Le malaise aérien
Récemment, j’étais dans un vol qui me ramenait de Rome et 15 minutes après le décollage, un membre de l’équipage a pris le micro pour nous lancer cette phrase digne d’un film à la prémisse éculée : «Mesdames et messieurs, nous avons une urgence médicale à bord. Est-ce qu’il y aurait un médecin parmi les passagers? Si vous êtes médecin ou infirmière, merci de vous diriger immédiatement vers la rangée 39.»
Ça s’ébroue en cabine, les gens tendent le cou pour voir s’il y a du sang (tu connais les êtres humains, right?) et on reste là, filant à 850km/h au-dessus l’Europe occidentale, à se demander ce qui se passe. Les agents de bord s’énervent, on court chercher de l’oxygène, on requiert la trousse de premiers soins, etc. Le mot se répand : il semblerait qu’un monsieur âgé ait eu un «malaise», un terme médical technique désignant semble-t-il 92% des problèmes de santé. Il y a deux médecins dans l’avion et on semble faire le nécessaire pour aider le pauvre yable.
Flash-forward deux heures plus tard. Les gens font ce que tu fais normalement dans un avion: ils somnolent ou regardent le 17e opus de la série X-Men : Lucifer-Contre-Le-Gars-Avec-Le-Casque-Magique-Qui-a-Toujours-Mal-à-la-Tête. On ne sait pas trop si le monsieur va mieux. On ne peut que l’espérer.
On est en train de survoler l’Angleterre, quand soudain, on perçoit dans nos oreilles que l’avion vire de bord. Le capitaine prend la parole : «Mesdames et messieurs, en raison de l’urgence médicale à bord, nous allons atterrir à Londres pour permettre aux équipes médicales au sol de venir assister la personne en difficulté. Nous serons sur le sol britannique pour une heure, peut-être deux. Merci de votre compréhension.»

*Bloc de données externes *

// Events.
ghost use Rattle.std.specs.Prelude.{◌≡◌, ◌≤◌, false, length, drop};
ghost use Rattle.event_reader.specs.Reads.{AtomAt, EventAt, begins, is_blank_part};

use crate::faults::LineFault;
use crate::peeking::gap_end;
use crate::times::end_at;
use crate::whens::times_at;
use event_model::{Atom, Event};
use std::alloc::Global;
use term_reader::read_atom;

// The atom that stands at a place, and the place behind it.
fn atom_at(alloc: Global, line: &[u8], at: usize) -> Result<(Atom, usize), LineFault>
    requires inside { at ≤ length line.now }
    requires dark { begins is_blank_part (drop at line.now) ≡ false }
    ensures { AtomAt line.now at result }
{
    match read_atom(alloc, line, at) {
        Ok(read) => Ok(read),
        Err(fault) => Err(LineFault::from(fault)),
    }
}

/// The event behind the mark of a line that says an event.
pub(crate) fn event_at(alloc: Global, line: &[u8], at: usize) -> Result<Event, LineFault>
    requires { at ≤ length line.now }
    ensures { EventAt line.now at result }
{
    let (times, end) = times_at(line, at)?;
    let Some(start) = gap_end(line, end) else {
        return Err(LineFault::Syntax(end));
    };
    let (atom, end) = atom_at(alloc, line, start)?;
    end_at(line, end)?;
    let span = times.span()?;
    Ok(Event { span, atom })
}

On atterrit et, après une inspection des freins de l’avion (parfois, quand un avion atterrit avec un presque plein de carburant, les freins surchauffent et il paraît que c’est très pratique des freins sur un avion), les équipes de secours entrent pour s’occuper du monsieur. Sa femme est une vieille dame très digne qui pleure en silence en prenant les bagages de son conjoint. Les ambulanciers parviennent à mettre le monsieur sur un brancard malgré l’exigüité de l’espace et le roulent jusqu’à la porte. Tous les passagers applaudissent (cette fois, c’est pour une bonne raison) et le bonhomme salue à la ronde et se permet même un sourire teinté par la douleur.

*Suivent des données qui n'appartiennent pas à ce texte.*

// The part at a place of the line, and blanks.
ghost use Rattle.std.specs.Prelude.{◌≡◌, ◌≤◌, false, length, drop};
ghost use Rattle.event_reader.specs.Reads.{MaybePart, MaybeByte, MaybeDigit, BlanksRead, MaybeGap, begins, is_blank_part};

use crate::parts::{Part, classify};

/// The part that stands at the place, or none at the end.
pub(crate) fn part_at(line: &[u8], at: usize) -> Option<Part>
    requires { at ≤ length line.now }
    ensures { MaybePart line.now at result }
{
    if at == line.len() {
        return None;
    }
    Some(classify(line[at]))
}

/// Whether the byte stands at the place.
pub(crate) fn stands_at(line: &[u8], at: usize, byte: u8) -> bool
    requires { at ≤ length line.now }
    ensures { MaybeByte line.now at byte result }
{
    at < line.len() && line[at] == byte
}

/// The value of the digit that stands at the place.
pub(crate) fn digit_at(line: &[u8], at: usize) -> Option<u8>
    requires { at ≤ length line.now }
    ensures { MaybeDigit line.now at result }
{
    match part_at(line, at) {
        Some(Part::Digit(digit)) => Some(digit),
        _ => None,
    }
}

/// The place behind the blanks that stand at a place.
pub(crate) fn blanks_end(line: &[u8], at: usize) -> usize
    requires { at ≤ length line.now }
    ensures read { BlanksRead line.now at result }
    ensures over { begins is_blank_part (drop result line.now) ≡ false }
{
    let mut end = at;
    while let Some(Part::Blank) = part_at(line, end) {
        end += 1;
    }
    end
}

/// The place behind a gap that stands at a place.
pub(crate) fn gap_end(line: &[u8], at: usize) -> Option<usize>
    requires { at ≤ length line.now }
    ensures { MaybeGap line.now at result }
{
    match part_at(line, at) {
        Some(Part::Blank) => Some(blanks_end(line, at + 1)),
        _ => None,
    }
}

C’était franchement un bel exemple de courage, de coopération et de professionnalisme. C’est dans ces moments-là que tu te surprends à être optimiste pour l’avenir de l’humanité, de penser que malgré la pluie de dégueulasseries qu’on se fait subir les uns aux autres, il reste quelque chose comme une dose de bonté et d’humanité.
La seule question qui demeure, c’est de savoir si, après le redécollage, j’ai bien fait de faire signe à l’hôtesse pour lui dire:
– Est-ce que c’est possible d’avoir le repas du monsieur qui a débarqué, vu que, t’sé, il le mangera clairement pas?